Data records -
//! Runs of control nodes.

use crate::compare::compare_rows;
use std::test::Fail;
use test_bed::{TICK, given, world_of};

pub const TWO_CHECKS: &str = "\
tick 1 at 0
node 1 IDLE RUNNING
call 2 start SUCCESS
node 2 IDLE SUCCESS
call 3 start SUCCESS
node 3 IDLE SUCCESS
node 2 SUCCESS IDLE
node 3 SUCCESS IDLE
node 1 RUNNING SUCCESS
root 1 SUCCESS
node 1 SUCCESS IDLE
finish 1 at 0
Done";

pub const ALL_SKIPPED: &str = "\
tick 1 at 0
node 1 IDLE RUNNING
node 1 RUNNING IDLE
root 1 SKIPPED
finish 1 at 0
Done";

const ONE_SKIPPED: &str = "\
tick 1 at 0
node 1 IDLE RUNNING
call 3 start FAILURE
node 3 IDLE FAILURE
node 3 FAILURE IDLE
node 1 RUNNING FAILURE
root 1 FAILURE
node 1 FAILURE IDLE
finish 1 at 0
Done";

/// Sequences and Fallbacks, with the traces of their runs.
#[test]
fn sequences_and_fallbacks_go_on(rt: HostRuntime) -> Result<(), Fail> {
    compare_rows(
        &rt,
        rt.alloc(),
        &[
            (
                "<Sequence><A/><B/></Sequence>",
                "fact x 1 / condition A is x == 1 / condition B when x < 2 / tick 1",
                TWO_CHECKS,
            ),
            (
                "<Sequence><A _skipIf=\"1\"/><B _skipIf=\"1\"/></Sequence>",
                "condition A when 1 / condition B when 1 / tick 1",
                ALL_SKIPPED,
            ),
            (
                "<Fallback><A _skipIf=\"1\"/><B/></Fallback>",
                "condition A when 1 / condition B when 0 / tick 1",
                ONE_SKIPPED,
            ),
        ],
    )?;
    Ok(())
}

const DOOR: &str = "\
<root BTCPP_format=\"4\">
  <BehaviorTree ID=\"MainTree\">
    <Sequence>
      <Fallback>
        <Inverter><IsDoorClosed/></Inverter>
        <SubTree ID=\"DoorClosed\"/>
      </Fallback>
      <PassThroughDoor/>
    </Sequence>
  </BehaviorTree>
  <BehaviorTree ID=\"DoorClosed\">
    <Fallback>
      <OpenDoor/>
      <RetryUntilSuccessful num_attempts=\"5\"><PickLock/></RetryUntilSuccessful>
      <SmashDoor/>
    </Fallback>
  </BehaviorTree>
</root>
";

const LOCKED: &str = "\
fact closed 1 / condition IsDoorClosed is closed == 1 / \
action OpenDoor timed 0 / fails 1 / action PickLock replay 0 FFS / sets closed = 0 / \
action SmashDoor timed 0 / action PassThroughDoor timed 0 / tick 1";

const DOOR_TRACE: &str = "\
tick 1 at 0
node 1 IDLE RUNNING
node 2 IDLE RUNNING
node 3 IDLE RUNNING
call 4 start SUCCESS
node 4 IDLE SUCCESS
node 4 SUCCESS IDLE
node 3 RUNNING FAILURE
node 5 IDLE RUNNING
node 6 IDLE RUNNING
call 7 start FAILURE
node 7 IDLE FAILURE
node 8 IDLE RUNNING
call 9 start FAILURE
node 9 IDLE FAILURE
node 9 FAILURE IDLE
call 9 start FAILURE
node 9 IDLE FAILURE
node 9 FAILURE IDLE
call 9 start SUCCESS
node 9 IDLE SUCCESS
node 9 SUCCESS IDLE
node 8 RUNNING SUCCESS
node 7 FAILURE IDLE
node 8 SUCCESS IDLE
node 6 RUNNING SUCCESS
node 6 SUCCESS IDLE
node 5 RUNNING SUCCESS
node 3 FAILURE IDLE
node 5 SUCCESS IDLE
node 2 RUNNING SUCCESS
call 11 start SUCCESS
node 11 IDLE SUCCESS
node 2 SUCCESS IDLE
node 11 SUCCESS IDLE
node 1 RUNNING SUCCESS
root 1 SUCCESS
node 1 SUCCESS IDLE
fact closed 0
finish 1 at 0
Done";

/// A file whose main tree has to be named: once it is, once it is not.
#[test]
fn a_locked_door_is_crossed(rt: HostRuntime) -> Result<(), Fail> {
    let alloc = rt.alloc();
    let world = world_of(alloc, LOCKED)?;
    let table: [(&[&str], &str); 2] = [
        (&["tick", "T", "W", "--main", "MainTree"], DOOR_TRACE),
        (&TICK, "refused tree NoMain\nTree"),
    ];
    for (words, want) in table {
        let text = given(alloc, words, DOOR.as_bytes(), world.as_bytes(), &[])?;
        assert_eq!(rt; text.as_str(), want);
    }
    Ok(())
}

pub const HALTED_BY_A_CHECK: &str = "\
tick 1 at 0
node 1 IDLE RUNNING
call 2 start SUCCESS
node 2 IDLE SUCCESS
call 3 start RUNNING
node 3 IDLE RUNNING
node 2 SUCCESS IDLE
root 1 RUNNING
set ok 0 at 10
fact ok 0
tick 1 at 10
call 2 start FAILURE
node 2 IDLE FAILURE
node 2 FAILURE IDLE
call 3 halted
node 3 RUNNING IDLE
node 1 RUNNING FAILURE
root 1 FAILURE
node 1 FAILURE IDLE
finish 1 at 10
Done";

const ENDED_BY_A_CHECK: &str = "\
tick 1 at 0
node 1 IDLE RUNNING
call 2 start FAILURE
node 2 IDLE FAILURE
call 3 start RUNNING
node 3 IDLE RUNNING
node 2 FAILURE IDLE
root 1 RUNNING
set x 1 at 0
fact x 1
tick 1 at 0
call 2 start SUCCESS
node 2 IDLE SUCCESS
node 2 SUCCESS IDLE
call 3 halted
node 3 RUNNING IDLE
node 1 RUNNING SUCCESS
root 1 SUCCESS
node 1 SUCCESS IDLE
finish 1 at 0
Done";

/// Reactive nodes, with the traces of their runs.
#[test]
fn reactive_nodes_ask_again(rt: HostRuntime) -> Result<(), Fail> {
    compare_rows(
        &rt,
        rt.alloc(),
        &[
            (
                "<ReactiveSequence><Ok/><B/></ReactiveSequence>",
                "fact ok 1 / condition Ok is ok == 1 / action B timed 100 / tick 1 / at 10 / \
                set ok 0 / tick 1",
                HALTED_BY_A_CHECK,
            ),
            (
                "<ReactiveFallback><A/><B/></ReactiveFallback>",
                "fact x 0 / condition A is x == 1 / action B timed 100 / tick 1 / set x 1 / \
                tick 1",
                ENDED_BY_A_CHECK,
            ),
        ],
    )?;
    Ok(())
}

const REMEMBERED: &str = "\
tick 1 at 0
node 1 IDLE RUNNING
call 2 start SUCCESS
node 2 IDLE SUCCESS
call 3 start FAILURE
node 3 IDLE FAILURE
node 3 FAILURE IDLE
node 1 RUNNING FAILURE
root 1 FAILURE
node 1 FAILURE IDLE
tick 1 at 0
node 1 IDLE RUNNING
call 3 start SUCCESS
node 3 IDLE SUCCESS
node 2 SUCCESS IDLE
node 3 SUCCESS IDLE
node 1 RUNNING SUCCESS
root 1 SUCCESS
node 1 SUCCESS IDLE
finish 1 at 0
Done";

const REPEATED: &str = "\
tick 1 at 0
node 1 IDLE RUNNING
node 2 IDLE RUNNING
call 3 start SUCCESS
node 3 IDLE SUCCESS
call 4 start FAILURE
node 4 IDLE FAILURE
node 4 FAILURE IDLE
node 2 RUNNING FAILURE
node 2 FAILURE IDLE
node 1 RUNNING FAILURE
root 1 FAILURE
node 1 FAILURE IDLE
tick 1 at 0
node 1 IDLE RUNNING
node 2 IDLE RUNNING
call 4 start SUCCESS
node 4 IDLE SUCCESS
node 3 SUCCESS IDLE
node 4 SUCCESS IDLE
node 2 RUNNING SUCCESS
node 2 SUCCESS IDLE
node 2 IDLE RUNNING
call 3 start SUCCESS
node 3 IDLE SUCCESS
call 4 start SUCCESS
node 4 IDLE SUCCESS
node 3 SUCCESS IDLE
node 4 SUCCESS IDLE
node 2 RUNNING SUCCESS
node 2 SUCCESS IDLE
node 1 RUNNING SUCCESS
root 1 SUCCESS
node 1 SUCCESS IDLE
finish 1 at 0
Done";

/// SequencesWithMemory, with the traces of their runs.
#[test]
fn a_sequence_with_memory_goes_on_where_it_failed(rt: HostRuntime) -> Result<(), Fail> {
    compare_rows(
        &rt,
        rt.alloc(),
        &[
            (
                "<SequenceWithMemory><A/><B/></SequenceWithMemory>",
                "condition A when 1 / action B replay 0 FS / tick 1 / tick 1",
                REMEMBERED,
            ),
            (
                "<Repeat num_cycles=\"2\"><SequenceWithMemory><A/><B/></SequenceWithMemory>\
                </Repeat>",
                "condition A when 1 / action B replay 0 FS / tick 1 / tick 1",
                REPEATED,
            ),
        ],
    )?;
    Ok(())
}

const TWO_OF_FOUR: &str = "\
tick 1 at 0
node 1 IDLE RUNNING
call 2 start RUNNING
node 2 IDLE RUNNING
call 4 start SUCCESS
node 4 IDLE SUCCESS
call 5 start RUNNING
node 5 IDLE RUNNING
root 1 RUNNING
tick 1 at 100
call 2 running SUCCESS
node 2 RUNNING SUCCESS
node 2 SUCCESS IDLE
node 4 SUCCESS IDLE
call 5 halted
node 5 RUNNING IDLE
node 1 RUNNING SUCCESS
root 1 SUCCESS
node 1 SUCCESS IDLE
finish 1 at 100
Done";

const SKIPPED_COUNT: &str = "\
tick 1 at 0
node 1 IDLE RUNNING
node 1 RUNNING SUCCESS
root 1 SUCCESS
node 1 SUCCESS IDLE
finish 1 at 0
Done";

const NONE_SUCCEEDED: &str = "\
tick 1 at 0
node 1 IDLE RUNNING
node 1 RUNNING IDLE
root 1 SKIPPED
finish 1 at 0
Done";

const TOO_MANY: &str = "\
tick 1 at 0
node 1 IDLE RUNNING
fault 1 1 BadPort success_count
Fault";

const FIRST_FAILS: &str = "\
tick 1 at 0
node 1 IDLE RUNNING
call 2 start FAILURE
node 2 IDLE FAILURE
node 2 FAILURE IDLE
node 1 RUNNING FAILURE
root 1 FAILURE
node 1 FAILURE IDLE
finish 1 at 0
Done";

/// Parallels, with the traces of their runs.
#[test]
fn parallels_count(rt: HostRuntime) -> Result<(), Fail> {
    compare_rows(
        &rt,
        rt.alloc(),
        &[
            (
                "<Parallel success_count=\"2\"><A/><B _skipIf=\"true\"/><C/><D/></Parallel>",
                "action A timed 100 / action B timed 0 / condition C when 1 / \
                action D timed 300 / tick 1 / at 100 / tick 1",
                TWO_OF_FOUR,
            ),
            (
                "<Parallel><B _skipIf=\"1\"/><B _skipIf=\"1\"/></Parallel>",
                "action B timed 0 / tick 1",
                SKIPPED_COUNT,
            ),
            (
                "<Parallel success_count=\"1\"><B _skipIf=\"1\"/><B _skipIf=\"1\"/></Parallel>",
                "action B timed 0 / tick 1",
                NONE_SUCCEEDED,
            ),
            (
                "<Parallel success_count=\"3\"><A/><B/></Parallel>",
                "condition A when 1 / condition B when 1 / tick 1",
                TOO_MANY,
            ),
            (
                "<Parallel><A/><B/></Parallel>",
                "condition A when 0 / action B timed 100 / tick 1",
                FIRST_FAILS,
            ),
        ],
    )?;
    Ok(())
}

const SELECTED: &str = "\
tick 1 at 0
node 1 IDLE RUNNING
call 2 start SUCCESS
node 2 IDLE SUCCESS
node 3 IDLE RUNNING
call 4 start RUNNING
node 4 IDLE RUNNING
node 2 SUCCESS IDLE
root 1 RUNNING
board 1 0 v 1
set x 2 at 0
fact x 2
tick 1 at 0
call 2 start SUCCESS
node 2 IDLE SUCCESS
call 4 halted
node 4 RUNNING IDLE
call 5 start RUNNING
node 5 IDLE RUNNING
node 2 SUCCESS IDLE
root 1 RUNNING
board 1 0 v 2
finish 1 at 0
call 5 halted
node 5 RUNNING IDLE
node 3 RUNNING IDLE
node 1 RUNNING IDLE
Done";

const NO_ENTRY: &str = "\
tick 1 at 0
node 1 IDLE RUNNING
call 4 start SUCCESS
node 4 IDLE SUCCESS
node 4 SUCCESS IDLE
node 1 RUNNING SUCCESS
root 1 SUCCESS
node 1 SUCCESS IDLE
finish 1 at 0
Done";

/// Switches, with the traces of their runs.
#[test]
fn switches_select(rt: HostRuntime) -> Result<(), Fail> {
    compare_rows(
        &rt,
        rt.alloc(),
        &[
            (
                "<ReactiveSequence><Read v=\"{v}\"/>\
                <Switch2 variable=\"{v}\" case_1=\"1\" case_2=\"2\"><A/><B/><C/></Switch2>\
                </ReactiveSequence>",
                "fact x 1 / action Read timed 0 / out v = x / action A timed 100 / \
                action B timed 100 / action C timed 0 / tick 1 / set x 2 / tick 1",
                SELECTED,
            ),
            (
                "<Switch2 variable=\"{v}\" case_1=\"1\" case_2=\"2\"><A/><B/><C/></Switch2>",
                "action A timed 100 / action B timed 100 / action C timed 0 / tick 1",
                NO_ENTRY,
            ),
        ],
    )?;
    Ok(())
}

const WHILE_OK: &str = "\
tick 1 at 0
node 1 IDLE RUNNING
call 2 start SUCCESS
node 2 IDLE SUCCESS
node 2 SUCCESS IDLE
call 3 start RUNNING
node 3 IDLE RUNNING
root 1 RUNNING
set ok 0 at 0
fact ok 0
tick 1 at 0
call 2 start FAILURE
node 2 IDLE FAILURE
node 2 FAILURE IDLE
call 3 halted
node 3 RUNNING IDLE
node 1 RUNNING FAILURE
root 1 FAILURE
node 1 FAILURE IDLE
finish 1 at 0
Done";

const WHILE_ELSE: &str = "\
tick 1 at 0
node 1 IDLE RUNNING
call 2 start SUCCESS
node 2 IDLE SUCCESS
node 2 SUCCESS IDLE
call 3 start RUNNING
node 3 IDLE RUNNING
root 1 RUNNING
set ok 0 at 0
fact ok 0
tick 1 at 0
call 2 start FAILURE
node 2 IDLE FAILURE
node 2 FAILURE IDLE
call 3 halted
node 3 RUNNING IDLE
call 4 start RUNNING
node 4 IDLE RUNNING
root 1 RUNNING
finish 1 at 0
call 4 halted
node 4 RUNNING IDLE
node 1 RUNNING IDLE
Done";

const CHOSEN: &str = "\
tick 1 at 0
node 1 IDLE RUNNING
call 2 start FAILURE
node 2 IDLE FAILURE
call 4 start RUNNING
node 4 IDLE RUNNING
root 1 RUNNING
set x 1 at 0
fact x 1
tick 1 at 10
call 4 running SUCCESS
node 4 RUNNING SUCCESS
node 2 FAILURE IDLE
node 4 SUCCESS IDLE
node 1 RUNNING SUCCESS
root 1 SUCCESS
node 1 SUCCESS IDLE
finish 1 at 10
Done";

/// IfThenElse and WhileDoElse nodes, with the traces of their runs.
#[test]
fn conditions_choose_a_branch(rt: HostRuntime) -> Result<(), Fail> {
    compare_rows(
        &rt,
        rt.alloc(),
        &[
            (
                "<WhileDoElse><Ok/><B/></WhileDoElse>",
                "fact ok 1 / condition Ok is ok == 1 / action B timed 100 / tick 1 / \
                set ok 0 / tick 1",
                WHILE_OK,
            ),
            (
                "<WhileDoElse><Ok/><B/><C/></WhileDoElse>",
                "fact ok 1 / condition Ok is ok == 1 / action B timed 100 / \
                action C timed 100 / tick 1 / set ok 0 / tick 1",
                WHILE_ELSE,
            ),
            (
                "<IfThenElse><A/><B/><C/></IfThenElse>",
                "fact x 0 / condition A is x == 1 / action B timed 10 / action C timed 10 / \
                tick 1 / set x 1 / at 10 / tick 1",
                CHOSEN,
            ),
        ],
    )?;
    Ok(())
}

Instructions to follow - Copy every line of the material in which the word "text" occurs.

Your solution -
        let text = given(alloc, words, DOOR.as_bytes(), world.as_bytes(), &[])?;
        assert_eq!(rt; text.as_str(), want);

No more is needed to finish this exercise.